_Input records_
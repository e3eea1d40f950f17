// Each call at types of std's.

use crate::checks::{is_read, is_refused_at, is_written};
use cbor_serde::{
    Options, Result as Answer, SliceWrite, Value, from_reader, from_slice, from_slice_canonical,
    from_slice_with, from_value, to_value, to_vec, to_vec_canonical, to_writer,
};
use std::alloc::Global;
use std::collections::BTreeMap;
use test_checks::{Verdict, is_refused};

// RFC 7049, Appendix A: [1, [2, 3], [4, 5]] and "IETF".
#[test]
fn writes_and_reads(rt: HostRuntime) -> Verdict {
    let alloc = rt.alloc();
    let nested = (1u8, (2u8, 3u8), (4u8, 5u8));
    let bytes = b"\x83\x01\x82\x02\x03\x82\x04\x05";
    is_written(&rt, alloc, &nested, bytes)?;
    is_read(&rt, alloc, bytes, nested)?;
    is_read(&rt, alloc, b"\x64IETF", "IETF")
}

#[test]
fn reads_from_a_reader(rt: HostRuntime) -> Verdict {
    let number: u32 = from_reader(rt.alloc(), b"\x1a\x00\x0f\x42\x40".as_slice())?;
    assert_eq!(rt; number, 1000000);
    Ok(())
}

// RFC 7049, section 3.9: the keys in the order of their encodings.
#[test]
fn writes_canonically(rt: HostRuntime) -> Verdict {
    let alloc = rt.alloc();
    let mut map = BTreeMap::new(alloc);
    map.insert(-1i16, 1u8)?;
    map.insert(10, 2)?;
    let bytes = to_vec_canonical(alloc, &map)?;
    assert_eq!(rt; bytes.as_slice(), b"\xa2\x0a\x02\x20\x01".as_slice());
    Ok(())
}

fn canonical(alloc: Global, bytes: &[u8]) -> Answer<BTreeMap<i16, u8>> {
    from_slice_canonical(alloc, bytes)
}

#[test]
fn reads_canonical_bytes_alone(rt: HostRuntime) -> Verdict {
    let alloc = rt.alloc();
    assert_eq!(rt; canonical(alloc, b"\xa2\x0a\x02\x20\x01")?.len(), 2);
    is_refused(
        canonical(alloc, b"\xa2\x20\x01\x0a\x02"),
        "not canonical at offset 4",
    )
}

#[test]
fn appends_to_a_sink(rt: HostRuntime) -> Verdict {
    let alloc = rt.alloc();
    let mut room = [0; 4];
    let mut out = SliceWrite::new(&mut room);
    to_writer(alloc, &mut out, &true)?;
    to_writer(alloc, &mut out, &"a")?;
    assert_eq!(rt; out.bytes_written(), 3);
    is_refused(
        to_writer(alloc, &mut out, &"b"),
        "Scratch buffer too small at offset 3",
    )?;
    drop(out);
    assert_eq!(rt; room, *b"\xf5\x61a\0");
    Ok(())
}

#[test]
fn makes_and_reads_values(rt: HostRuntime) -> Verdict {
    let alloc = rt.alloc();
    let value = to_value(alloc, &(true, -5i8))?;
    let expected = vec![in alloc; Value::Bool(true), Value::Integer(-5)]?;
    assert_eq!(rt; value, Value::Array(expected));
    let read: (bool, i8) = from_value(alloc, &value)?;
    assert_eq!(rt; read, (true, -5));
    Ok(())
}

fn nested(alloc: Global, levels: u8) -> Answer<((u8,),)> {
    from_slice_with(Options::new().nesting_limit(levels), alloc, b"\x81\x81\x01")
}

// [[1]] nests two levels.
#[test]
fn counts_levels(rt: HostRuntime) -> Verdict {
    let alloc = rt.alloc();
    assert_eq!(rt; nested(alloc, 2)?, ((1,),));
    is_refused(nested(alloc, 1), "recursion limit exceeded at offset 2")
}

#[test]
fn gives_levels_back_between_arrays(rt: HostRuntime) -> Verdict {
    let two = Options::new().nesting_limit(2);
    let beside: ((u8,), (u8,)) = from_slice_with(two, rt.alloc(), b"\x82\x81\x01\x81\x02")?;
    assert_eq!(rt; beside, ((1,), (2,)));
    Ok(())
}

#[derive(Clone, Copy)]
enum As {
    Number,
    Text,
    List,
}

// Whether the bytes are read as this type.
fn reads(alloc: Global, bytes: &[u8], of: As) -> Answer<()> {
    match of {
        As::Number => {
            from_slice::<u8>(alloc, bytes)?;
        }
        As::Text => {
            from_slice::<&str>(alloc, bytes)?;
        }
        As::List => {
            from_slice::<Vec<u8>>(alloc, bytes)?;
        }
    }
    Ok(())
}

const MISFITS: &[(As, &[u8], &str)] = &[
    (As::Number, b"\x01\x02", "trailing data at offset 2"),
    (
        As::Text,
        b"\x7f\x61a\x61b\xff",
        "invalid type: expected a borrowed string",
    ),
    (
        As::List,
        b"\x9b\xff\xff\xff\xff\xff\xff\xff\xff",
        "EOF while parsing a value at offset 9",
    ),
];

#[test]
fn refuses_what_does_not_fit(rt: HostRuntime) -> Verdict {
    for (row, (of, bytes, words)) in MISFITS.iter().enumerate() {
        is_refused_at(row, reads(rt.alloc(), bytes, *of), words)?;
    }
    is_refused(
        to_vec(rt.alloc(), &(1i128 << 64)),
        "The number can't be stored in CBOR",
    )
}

_Task instructions_
The lines from the top of the data above down to the line containing "use std::collections::BTreeMap;" are to be copied exactly; no other line should appear.

_Solved problem_
repository e3eea1d40f950f17
// Each call at types of std's.

use crate::checks::{is_read, is_refused_at, is_written};
use cbor_serde::{
    Options, Result as Answer, SliceWrite, Value, from_reader, from_slice, from_slice_canonical,
    from_slice_with, from_value, to_value, to_vec, to_vec_canonical, to_writer,
};
use std::alloc::Global;
use std::collections::BTreeMap;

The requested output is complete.